Your code is bad. Try splitting it up into smaller functions that you can test individually. Have you tried debugging the program? Once you find the place that causes the problem, you can come back here and ask a more specific question.

Some more hints. You can implement isdelim much simpler like this:

def isdelim(c):
    return c in delim

To compare string for equality, use string1 == string2. strcmp does not exist in Python. I do not know if you are aware that Python is usually interpreted and not compiled. This means that you will get no compiler-error if you call a function that does not exist. The program will only complain at run-time when it reaches the call.

In your function isop you have unreachable code. The lines j += 1 and k += 1 can never be reached as they are right after a return statement.

In Python iterating over a collection is done like this:

for item in collection:
    # do stuff with item

These are just some hints. You should really read the Python Tutorial.

Answer 2

def isdelim(c):
    if c in delim:
        return 1
    return 0

You should learn more about Python basics. ATM, your code contains too much ifs and fors.

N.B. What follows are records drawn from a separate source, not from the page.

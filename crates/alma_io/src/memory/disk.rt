// Files in memory.
ghost use Rattle.std.specs.Prelude.{◌≡◌, ◌≢◌, ◌<◌, ◌^◌, ◌↔◌, List, ℕ, None, Some, IfOk, OnOk, OnErr, IsErrOf, MatchOption};
ghost use Rattle.std.specs.FinMap as map;
ghost use Rattle.alma_io.specs.Files.{MayPass, IsFetched, IsStored};
ghost use Rattle.alma_io.specs.Memory.{told_by, FailsNext, after_fetch, after_store};
ghost use Rattle.alma_io.specs.Named.{named_bytes};
ghost use Rattle.alma_io.specs.Sides.{for_all_names};

use crate::memory::schedule::Schedule;
use crate::{Fetch, Files, StoreFault};
use alma_base::NoMemory;
use std::alloc::Global;
use std::collections::BTreeMap;
use std::marker::Model;

/// Sets a file.
#[tactic(auto, using(std::proofs::lemmas::Map::Text::text_keys))]
fn set_file(
    alloc: Global,
    files: &mut BTreeMap<String, Vec<u8>>,
    name: &str,
    bytes: &[u8],
) -> Result<(), NoMemory>
    ensures ok { OnOk result (named_bytes files.new ≡ map.insert
        (named_bytes files.old) name.now bytes.now) }
    ensures err { OnErr result (named_bytes files.new ≡ named_bytes files.old) }
{
    let key = String::from_str(alloc, name)?;
    let value = Vec::from_slice(alloc, bytes)?;
    files.insert(key, value)?;
    Ok(())
}

/// Finds a file.
fn find_file<'f>(files: &'f BTreeMap<String, Vec<u8>>, name: &str) -> Option<&'f [u8]>
    ensures { MatchOption result (map.get (named_bytes files.now) name.now ≡ None)
        (λ bytes. map.get (named_bytes files.now) name.now ≡ Some bytes.now) }
{
    match files.get(name) {
        Some(bytes) => Some(bytes),
        None => None,
    }
}

/// Files in memory, whose calls fail as a list says.
#[derive(Drop)]
pub struct MemFiles {
    files: BTreeMap<String, Vec<u8>>,
    schedule: Schedule,
    fetch_faults: u64,
    store_faults: u64,
}

impl Model for MemFiles {
    ghost use Rattle.alma_io.specs.Memory.{FilesState, files_code};
    ghost use Rattle.alma_io.specs.Named.{named_bytes};
    ghost use Rattle.alma_io.specs.Sides.{for_all_names};

    ghost Value = { FilesState };

    ghost coded = { files_code };

    ghost view = { λ f. record { files = named_bytes f.files; schedule = f.schedule; fetch_faults = f.fetch_faults; store_faults = f.store_faults } };
}

impl MemFiles {
    /// No files. `fails` lists the calls, from 1, that fail.
    pub fn new(alloc: Global, fails: &[u64]) -> Result<MemFiles, NoMemory>
        ensures { IfOk result (λ files. files ≡ record {
          files = map.empty;
          schedule = record { fails = fails.now; calls = 0 };
          fetch_faults = 0;
          store_faults = 0;
        }) }
    {
        Ok(MemFiles {
            files: BTreeMap::new(alloc),
            schedule: Schedule::new(alloc, fails)?,
            fetch_faults: 0,
            store_faults: 0,
        })
    }

    /// Sets a file, and counts no call.
    pub fn put(&mut self, alloc: Global, name: &str, bytes: &[u8]) -> Result<(), NoMemory>
        ensures ok { OnOk result (self.new ≡ record self.old
            { files = map.insert self.old.files name.now bytes.now }) }
        ensures err { OnErr result (self.new ≡ self.old) }
    {
        set_file(alloc, &mut self.files, name, bytes)
    }

    /// The bytes of a file, and None where no file has the name.
    pub fn get(&self, name: &str) -> Option<&[u8]>
        ensures { MatchOption result (map.get self.now.files name.now ≡ None)
            (λ bytes. map.get self.now.files name.now ≡ Some bytes.now) }
    {
        find_file(&self.files, name)
    }
}

impl Files for MemFiles {
    ghost side = { λ f. record {
      told = λ name. told_by (map.get f.files name);
      fetch_faults = for_all_names f.fetch_faults;
      store_faults = f.store_faults;
    } };

    fn fetch(&mut self, alloc: Global, name: &str, limit: usize) -> Result<Vec<u8>, Fetch>
        requires { limit < 2 ^ 62 }
        ensures same { (other : List ℕ) → told_by (map.get self.new.files other) ≡ told_by
            (map.get self.old.files other) }
        ensures answer { IsFetched (told_by (map.get self.old.files name.now)) name.now limit
            (for_all_names self.old.fetch_faults) (for_all_names self.new.fetch_faults) result }
        ensures store_count { self.new.store_faults ≡ self.old.store_faults }

        // Which calls fail, and what stays.
        ensures fails { IsErrOf result Fetch.Failed ↔ FailsNext self.old.schedule }
        ensures absent { IsErrOf result Fetch.Absent ↔ (¬ FailsNext self.old.schedule
            × (map.get self.old.files name.now ≡ None)) }
        ensures too_long { IsErrOf result Fetch.TooLong ↔ (¬ FailsNext self.old.schedule
            × MayPass (told_by (map.get self.old.files name.now)) limit) }
        ensures after { self.new ≡ after_fetch self.old result }
    {
        if self.schedule.fails_next() {
            self.fetch_faults = self.fetch_faults.saturating_add(1);
            return Err(Fetch::Failed);
        }
        let Some(bytes) = find_file(&self.files, name) else {
            return Err(Fetch::Absent);
        };
        if bytes.len() > limit {
            return Err(Fetch::TooLong);
        }
        match Vec::from_slice(alloc, bytes) {
            Ok(copy) => Ok(copy),
            Err(_) => Err(Fetch::Memory),
        }
    }

    fn store(&mut self, alloc: Global, name: &str, bytes: &[u8]) -> Result<(), StoreFault>
        ensures others { (other : List ℕ) → other ≢ name.now →
            told_by (map.get self.new.files other) ≡ told_by (map.get self.old.files other) }
        ensures fetch_count { for_all_names self.new.fetch_faults
            ≡ for_all_names self.old.fetch_faults }
        ensures answer { IsStored (told_by (map.get self.old.files name.now))
            (told_by (map.get self.new.files name.now))
            bytes.now self.old.store_faults self.new.store_faults result }

        // Which calls fail, and what the files are then. A store that fails changes no file.
        ensures fails { IsErrOf result StoreFault.Failed ↔ FailsNext self.old.schedule }
        ensures after { self.new ≡ after_store self.old name.now bytes.now result }
    {
        if self.schedule.fails_next() {
            self.store_faults = self.store_faults.saturating_add(1);
            return Err(StoreFault::Failed);
        }
        match set_file(alloc, &mut self.files, name, bytes) {
            Ok(()) => Ok(()),
            Err(NoMemory) => Err(StoreFault::Memory),
        }
    }
}
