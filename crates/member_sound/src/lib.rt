// Which member records are sound (01, "Members"; 02, ticket 6); else number 17.
#![tactic(auto)]

ghost use Rattle.std.specs.Prelude.{◌≡◌, ◌≤◌};
ghost use Rattle.member_record.specs.Record.{sound_durable, sound_flags, sound_idle, sound_count, sound_leading, sound_lead, sound};

use ids::{Round, above_range};
use member_record::{
    DECIDED, Durable, IDLE, Lead, MemberState, Who, count_below, count_flags, is_leader, needed,
    who_sound,
};

// V is at most J, J at most the last round, and V is 0 only with W 0.
fn durable_sound(d: Durable) -> bool
    ensures { result ≡ sound_durable d }
{
    d.voted <= d.joined && !above_range(d.joined.0 as u64) && (d.voted != Round(0) || d.vote == 0)
}

// Flags from N on are false: as many are counted below N as in all.
#[tactic(auto, using(member_record::proofs::Flags::counts_agree))]
fn flags_sound(who: Who, l: Lead) -> bool
    requires { who.n ≤ 7 }
    ensures { result ≡ sound_flags who l }
{
    count_below(l.flags, who.n as usize) == count_below(l.flags, 7)
}

// L is 0: idle, X and B are 0, no flag.
fn idle_sound(l: Lead) -> bool
    ensures { result ≡ sound_idle l }
{
    l.phase == IDLE && l.value == 0 && l.source == Round(0) && count_flags(l.flags) == 0
}

// Fewer flags than needed while they are counted, as many once it is decided.
fn count_sound(who: Who, l: Lead) -> bool
    ensures { result ≡ sound_count who l }
{
    let counted = count_flags(l.flags);
    let full = needed(who, l.phase);
    if l.phase == DECIDED {
        counted == full
    } else {
        counted < full
    }
}

// L isn't 0: not idle, L in range and led by this member, B below L, and the flags that the phase allows.
fn leading_sound(m: MemberState) -> bool
    requires { 1 ≤ m.who.n }
    ensures { result ≡ sound_leading m }
{
    m.lead.phase != IDLE
        && !above_range(m.durable.led.0 as u64)
        && is_leader(m.who.n, m.who.me, m.durable.led)
        && m.lead.source < m.durable.led
        && count_sound(m.who, m.lead)
}

// Idle exactly when L is 0.
fn lead_sound(m: MemberState) -> bool
    requires { 1 ≤ m.who.n }
    ensures { result ≡ sound_lead m }
{
    if m.durable.led == Round(0) {
        idle_sound(m.lead)
    } else {
        leading_sound(m)
    }
}

// Sound (01, "Members"; 02, ticket 6); else number 17.
#[tactic(auto, unfolding(member_record::specs::Record::sound))]
pub fn is_sound(m: MemberState) -> bool
    ensures { result ≡ sound m }
{
    who_sound(m.who.slot, m.who.me, m.who.n)
        && m.lead.phase <= DECIDED
        && durable_sound(m.durable)
        && flags_sound(m.who, m.lead)
        && lead_sound(m)
}
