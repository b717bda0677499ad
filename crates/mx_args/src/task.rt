//! What the program is asked to do.
ghost use Rattle.std.specs.Prelude.{◌≡◌};

use mx_pay::{Name, Token};
use std::alloc::AllocError;
use std::marker::Model;

/// A word of the command line that names a file. A contract sees it as its bytes.
#[derive(Drop)]
pub struct Word<'a> {
    text: &'a str,
}

impl<'a> Model for Word<'a> {
    ghost use Rattle.std.specs.Prelude.{List, ℕ};

    ghost Value = { List ℕ };

    ghost view = { λ word. word.text.now };
}

impl<'a> Word<'a> {
    /// The word with this text.
    pub fn new(text: &'a str) -> Word<'a>
        ensures { result ≡ text.now }
    {
        Word { text }
    }

    /// The text of the word.
    pub fn as_str(&self) -> &'a str
        ensures { result.now ≡ self.now }
    {
        self.text
    }
}

/// Which report is asked for.
#[derive(Clone, Copy)]
pub enum AskedReport {
    /// The reconciliation.
    Reconciliation,
    /// `--purse P`: the statement of this purse.
    Statement(Name),
    /// `--statements`: the statements of all purses.
    Statements,
}

/// Where the books are copied to while they are served, and how often.
#[derive(Drop)]
pub struct AskedCopies<'a> {
    /// The file of the copy.
    pub to: Word<'a>,
    /// How many seconds lie between two copies at least, from 1 to 86,400.
    pub every: u32,
}

/// What the program is asked to do. It borrows the words of the command line.
#[derive(Drop)]
pub enum Task<'a> {
    /// `run --memory --token HEX`: requests from standard input, responses to standard output, over books
    /// in memory. The token is the operator's.
    RunMemory(Token),
    /// `run FILE`: the same over the books in a file.
    RunFile(Word<'a>),
    /// `init FILE --token HEX`: a file for books, with nothing in them but the operator's token.
    Init {
        /// The file.
        file: Word<'a>,
        /// The token of the operator.
        token: Token,
    },
    /// `serve FILE --port N --count K`: connections over the books in a file; and with `--copy PATH --every SECONDS` copies of these.
    Serve {
        /// The file.
        file: Word<'a>,
        /// The port, from 1 to 65535.
        port: u16,
        /// How many connections are served, from 1 to 1,000,000.
        count: u32,
        /// The copies of the books, if there are to be any.
        copies: Option<AskedCopies<'a>>,
    },
    /// `import FILE ROLL`: the members, holders and purses of a roll, into the books in a file.
    Import {
        /// The file of the books.
        file: Word<'a>,
        /// The file of the roll.
        roll: Word<'a>,
    },
    /// `report FILE`: a report of the books in a file, with `--purse P`, `--statements` or neither.
    Report {
        /// The file.
        file: Word<'a>,
        /// Which report.
        report: AskedReport,
    },
    /// `check FILE`: whether the books in a file are sound, and what is wrong in them if not.
    Check(Word<'a>),
    /// `copy FILE TO`: the books in a file, in a new one.
    Copy {
        /// The file of the books.
        file: Word<'a>,
        /// The new file.
        to: Word<'a>,
    },
    /// `migrate FILE`: the books in a file, which are of the schema before, are brought to the schema of this version.
    Migrate(Word<'a>),
}

/// Why a command line gives no task.
#[derive(Debug, Drop)]
pub enum LineFault {
    /// The line names no task. The text says why, or is the help that was asked for; it is printed on
    /// standard error.
    Bad(String),
    /// The line asks for the version, which the text tells; it is printed on standard output.
    Version(String),
    /// Memory ran out.
    Memory,
}

impl From<AllocError> for LineFault {
    ghost use Rattle.std.specs.Prelude.{◌≡◌};
    ghost use Rattle.mx_args.specs.declared.task.LineFault.TheVariants.{Memory};

    ghost from_gives = { λ _ fault. fault ≡ Memory };

    fn from(_error: AllocError) -> LineFault {
        LineFault::Memory
    }
}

Try learning it the hard way.

Answer 3

It seems to print out quite a bit of output for me, but the code is pretty hard to follow. I ran it against itself and it errored out like so:

Traceback (most recent call last):
  File "C:\dev\snippets\lexical.py", line 92, in <module>
    token[j]=word_list1[i]
IndexError: list assignment index out of range

Honestly, this is pretty bad code. You should give the functions better names and don't use magic numbers like this:

for k in range(0,14)

I mean, you have already made a list you can use for the range.

for k in range(delim)

Makes slightly more sense.

But you're just trying to determine if c is in the list delim, so just say:

if c in delim

Why are you returning 1 and 0, what do they mean? Why not use True and False.

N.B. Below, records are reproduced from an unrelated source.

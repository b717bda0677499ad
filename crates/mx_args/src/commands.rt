//! The commands of the program, as clap reads them.
ghost use Rattle.std.specs.Prelude.{◌≡◌, IfOk, false};
ghost use Rattle.clap.specs.Words.{app_of, rule_of};
ghost use Rattle.clap.specs.declared.Command.TheViews.{out-Command};
ghost use Rattle.mx_args.specs.Line.{line_app, program_app};
ghost use Rattle.mx_args.specs.Forms.{app_with_forms, form_app, rule_from};

use clap::{Arg, ArgAction, Command};
use std::alloc::{AllocError, Global};

// How an argument is written.
#[derive(Clone, Copy)]
enum Kind {
    // A word that stands by itself.
    Word,
    // `--id VALUE`, with this name of the value in help.
    Value(&'static str),
    // `--id`.
    Flag,
}

// An argument of a command.
#[derive(Clone, Copy)]
struct Argument {
    id: &'static str,
    kind: Kind,
    required: bool,
    help: &'static str,
}

// A command of the program: its name, that in usage texts, what help says of it, and its arguments.
#[derive(Clone, Copy)]
struct Form {
    name: &'static str,
    full_name: &'static str,
    about: &'static str,
    arguments: &'static [Argument],
}

// What FILE is.
const BOOKS: &str = "The file of the books, a database of SQLite";

// What the value of `--token` is.
const DIGITS: &str = "The operator's token: 32 hexadecimal digits";

const FILE: Argument = Argument {
    id: "FILE",
    kind: Kind::Word,
    required: true,
    help: BOOKS,
};

const TOKEN: Argument = Argument {
    id: "token",
    kind: Kind::Value("HEX"),
    required: true,
    help: DIGITS,
};

// The commands in the order of help.
static FORMS: [Form; 8] = [
    Form {
        name: "run",
        full_name: "purse-office run",
        about: "Answers the requests of standard input on standard output",
        arguments: &[
            Argument {
                id: "FILE",
                kind: Kind::Word,
                required: false,
                help: BOOKS,
            },
            Argument {
                id: "memory",
                kind: Kind::Flag,
                required: false,
                help: "Keeps the books in memory, until the input ends; takes --token",
            },
            Argument {
                id: "token",
                kind: Kind::Value("HEX"),
                required: false,
                help: DIGITS,
            },
        ],
    },
    Form {
        name: "init",
        full_name: "purse-office init",
        about: "Makes new books in a file",
        arguments: &[FILE, TOKEN],
    },
    Form {
        name: "serve",
        full_name: "purse-office serve",
        about: "Answers requests on a port of 127.0.0.1, a connection each",
        arguments: &[
            FILE,
            Argument {
                id: "port",
                kind: Kind::Value("N"),
                required: true,
                help: "The port, from 1 to 65535",
            },
            Argument {
                id: "count",
                kind: Kind::Value("K"),
                required: true,
                help: "How many connections are served, from 1 to 1000000",
            },
            Argument {
                id: "copy",
                kind: Kind::Value("PATH"),
                required: false,
                help: "The file to which the books are copied meanwhile; takes --every",
            },
            Argument {
                id: "every",
                kind: Kind::Value("SECONDS"),
                required: false,
                help: "How often they are, where they have changed, from 1 to 86400",
            },
        ],
    },
    Form {
        name: "import",
        full_name: "purse-office import",
        about: "Adds the members, holders and purses of a roll to the books",
        arguments: &[
            FILE,
            Argument {
                id: "ROLL",
                kind: Kind::Word,
                required: true,
                help: "The file of the roll: comma-separated values",
            },
        ],
    },
    Form {
        name: "report",
        full_name: "purse-office report",
        about: "Prints the reconciliation of the books, or the statements of purses",
        arguments: &[
            FILE,
            Argument {
                id: "purse",
                kind: Kind::Value("P"),
                required: false,
                help: "The purse whose statement is printed",
            },
            Argument {
                id: "statements",
                kind: Kind::Flag,
                required: false,
                help: "Prints the statements of all purses; not with --purse",
            },
        ],
    },
    Form {
        name: "check",
        full_name: "purse-office check",
        about: "Tells whether a file of books is sound, and what is wrong in it",
        arguments: &[FILE],
    },
    Form {
        name: "copy",
        full_name: "purse-office copy",
        about: "Copies the books to a new file",
        arguments: &[
            FILE,
            Argument {
                id: "TO",
                kind: Kind::Word,
                required: true,
                help: "The new file, which isn't there yet",
            },
        ],
    },
    Form {
        name: "migrate",
        full_name: "purse-office migrate",
        about: "Brings a file of schema 1 to schema 2",
        arguments: &[FILE],
    },
];

// The argument, as clap takes it.
fn arg_of<'a>(alloc: Global, argument: &Argument) -> Arg<'a>
    ensures rule { rule_of result ≡ rule_from argument.now }
    ensures local { result.global ≡ false }
{
    let arg = Arg::new(alloc, argument.id)
        .required(argument.required)
        .help(argument.help);
    match argument.kind {
        Kind::Word => arg,
        Kind::Value(name) => arg.long(argument.id).value_name(name),
        Kind::Flag => arg.long(argument.id).action(ArgAction::SetTrue),
    }
}

// The command of this form.
fn command_of<'a>(alloc: Global, form: &Form) -> Result<Command<'a>, AllocError>
    ensures app { IfOk result (λ c. app_of c ≡ form_app form.now) }
    ensures local { IfOk result (λ c. (out-Command c).has_globals ≡ false) }
{
    let mut command = Command::new(alloc, form.name).about(form.about);
    for argument in form.arguments {
        command = command.arg(arg_of(alloc, argument))?;
    }
    Ok(command)
}

// The program of this version, which is called by its words alone. Its name stands before each command in usage.
fn program_command<'a>(alloc: Global, version: &'a str) -> Result<Command<'a>, AllocError>
    ensures { IfOk result (λ c. app_of c ≡ program_app) }
{
    Command::new(alloc, "purse-office")
        .about("The scheme office of an electronic purse")
        .version(version)
        .no_binary_name(true)
        .subcommand_required(true)
        .bin_name("purse-office")
}

// The program with the commands of these forms.
fn program_of<'a>(
    alloc: Global,
    version: &'a str,
    forms: &[Form],
) -> Result<Command<'a>, AllocError>
    ensures { IfOk result (λ c. app_of c ≡ app_with_forms program_app forms.now) }
{
    let mut program = program_command(alloc, version)?;
    for form in forms {
        program = program.subcommand(command_of(alloc, form)?)?;
    }
    Ok(program)
}

/// The program of this version with its commands.
pub(crate) fn line_command<'a>(alloc: Global, version: &'a str) -> Result<Command<'a>, AllocError>
    ensures { IfOk result (λ c. app_of c ≡ line_app) }
{
    program_of(alloc, version, &FORMS)
}

// The form of the command of this name.
fn form_named(name: &str) -> Option<&'static Form> {
    for form in &FORMS {
        if form.name == name {
            return Some(form);
        }
    }
    None
}

/// The command of this name, by itself, for its usage; the program's name alone where it has no such command.
pub(crate) fn command_named<'a>(alloc: Global, name: &str) -> Result<Command<'a>, AllocError> {
    match form_named(name) {
        Some(form) => command_of(alloc, form)?.bin_name(form.full_name),
        None => Command::new(alloc, "purse-office").bin_name("purse-office"),
    }
}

There are probably several other blatantly obvious problems, like the whole "main" section of the code.

This is not very pythonic:

token=[0]*50

Do you really just mean to say?

token = []

Now it's just an empty list.

Instead of trying to use a counter like this:

token[j]=word_list1[i]

You want to append, like this:

token.append (word_list[i])

I honestly think you've started with too hard a problem.